(Stored items)
----------------

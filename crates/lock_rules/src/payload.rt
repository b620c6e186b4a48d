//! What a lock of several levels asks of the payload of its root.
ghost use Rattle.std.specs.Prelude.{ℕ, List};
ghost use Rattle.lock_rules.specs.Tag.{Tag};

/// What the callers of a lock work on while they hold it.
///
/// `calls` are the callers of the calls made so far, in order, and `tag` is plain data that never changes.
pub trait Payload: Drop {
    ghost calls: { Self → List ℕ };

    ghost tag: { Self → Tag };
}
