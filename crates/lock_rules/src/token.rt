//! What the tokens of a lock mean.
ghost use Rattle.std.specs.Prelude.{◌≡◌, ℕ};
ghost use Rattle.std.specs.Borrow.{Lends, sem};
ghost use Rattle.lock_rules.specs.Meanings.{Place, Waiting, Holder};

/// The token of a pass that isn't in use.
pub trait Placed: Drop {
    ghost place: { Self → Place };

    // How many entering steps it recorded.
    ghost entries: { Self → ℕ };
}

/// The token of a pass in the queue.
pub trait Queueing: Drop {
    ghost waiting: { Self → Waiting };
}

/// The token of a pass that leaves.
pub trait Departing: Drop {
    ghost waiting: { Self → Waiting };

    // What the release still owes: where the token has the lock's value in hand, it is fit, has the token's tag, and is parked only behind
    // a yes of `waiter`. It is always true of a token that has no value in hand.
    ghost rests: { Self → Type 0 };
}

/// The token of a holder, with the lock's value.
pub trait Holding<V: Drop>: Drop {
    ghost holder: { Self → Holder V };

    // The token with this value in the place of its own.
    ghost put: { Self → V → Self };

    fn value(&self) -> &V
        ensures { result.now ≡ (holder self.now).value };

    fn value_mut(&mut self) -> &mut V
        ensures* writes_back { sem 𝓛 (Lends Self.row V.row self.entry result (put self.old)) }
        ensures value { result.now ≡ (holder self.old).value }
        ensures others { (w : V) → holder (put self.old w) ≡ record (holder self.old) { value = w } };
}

----------------

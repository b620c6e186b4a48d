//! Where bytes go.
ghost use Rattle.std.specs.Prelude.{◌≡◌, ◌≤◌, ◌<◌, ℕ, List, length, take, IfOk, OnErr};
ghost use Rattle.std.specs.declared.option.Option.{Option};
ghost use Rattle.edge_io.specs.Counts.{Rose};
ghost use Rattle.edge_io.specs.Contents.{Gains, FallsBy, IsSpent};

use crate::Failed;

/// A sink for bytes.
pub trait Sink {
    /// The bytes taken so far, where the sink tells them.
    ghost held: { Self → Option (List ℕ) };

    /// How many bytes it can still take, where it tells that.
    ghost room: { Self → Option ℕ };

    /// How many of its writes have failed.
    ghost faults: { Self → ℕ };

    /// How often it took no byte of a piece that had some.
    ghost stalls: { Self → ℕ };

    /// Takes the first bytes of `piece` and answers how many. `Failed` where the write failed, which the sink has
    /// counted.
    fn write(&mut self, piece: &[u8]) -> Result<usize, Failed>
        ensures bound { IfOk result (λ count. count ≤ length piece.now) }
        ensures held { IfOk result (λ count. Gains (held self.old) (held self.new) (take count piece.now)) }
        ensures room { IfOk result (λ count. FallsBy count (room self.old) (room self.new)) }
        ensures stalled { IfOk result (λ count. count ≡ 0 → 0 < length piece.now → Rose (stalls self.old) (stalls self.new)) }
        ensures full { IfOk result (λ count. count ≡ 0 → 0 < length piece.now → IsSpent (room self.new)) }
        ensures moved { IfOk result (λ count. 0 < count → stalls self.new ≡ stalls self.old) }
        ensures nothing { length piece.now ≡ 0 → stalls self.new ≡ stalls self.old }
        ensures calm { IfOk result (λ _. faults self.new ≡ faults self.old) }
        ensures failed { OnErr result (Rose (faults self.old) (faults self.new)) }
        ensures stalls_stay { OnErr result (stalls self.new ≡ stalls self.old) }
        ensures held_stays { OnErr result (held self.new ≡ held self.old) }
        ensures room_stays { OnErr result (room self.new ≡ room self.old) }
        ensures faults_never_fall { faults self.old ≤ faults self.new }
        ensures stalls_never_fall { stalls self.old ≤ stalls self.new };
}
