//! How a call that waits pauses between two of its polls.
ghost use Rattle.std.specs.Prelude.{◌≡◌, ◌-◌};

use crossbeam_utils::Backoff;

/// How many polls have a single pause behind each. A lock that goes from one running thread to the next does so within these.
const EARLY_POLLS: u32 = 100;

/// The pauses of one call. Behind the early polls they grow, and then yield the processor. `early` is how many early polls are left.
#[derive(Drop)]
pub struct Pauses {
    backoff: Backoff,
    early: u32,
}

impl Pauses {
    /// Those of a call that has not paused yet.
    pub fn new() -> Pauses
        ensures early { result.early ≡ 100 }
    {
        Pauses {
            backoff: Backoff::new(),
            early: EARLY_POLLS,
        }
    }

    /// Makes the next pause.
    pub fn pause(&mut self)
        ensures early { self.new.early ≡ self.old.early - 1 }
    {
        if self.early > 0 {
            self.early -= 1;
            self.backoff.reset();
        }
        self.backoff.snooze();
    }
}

----------------

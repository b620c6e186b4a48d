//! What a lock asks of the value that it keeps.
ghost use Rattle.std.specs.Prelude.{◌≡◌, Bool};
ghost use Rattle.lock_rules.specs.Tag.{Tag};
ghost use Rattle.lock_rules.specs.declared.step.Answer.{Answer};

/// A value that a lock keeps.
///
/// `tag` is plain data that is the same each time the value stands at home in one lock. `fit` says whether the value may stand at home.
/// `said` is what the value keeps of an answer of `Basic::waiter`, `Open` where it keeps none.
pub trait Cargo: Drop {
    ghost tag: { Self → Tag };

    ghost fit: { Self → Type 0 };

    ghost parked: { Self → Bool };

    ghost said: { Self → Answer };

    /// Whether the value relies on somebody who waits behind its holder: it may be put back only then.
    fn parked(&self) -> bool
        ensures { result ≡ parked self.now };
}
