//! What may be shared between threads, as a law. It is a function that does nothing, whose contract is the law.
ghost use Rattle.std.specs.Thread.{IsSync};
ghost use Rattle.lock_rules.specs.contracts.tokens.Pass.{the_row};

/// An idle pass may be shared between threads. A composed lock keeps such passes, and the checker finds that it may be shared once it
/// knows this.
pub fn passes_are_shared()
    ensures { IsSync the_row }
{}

----------------

→ Required action:
Scan the lines above for "not paused yet." and for "pub fn pause(&mut self)". Repeat exactly the line holding each of them and every line in between.

→ Response below:
    /// Those of a call that has not paused yet.
    pub fn new() -> Pauses
        ensures early { result.early ≡ 100 }
    {
        Pauses {
            backoff: Backoff::new(),
            early: EARLY_POLLS,
        }
    }

    /// Makes the next pause.
    pub fn pause(&mut self)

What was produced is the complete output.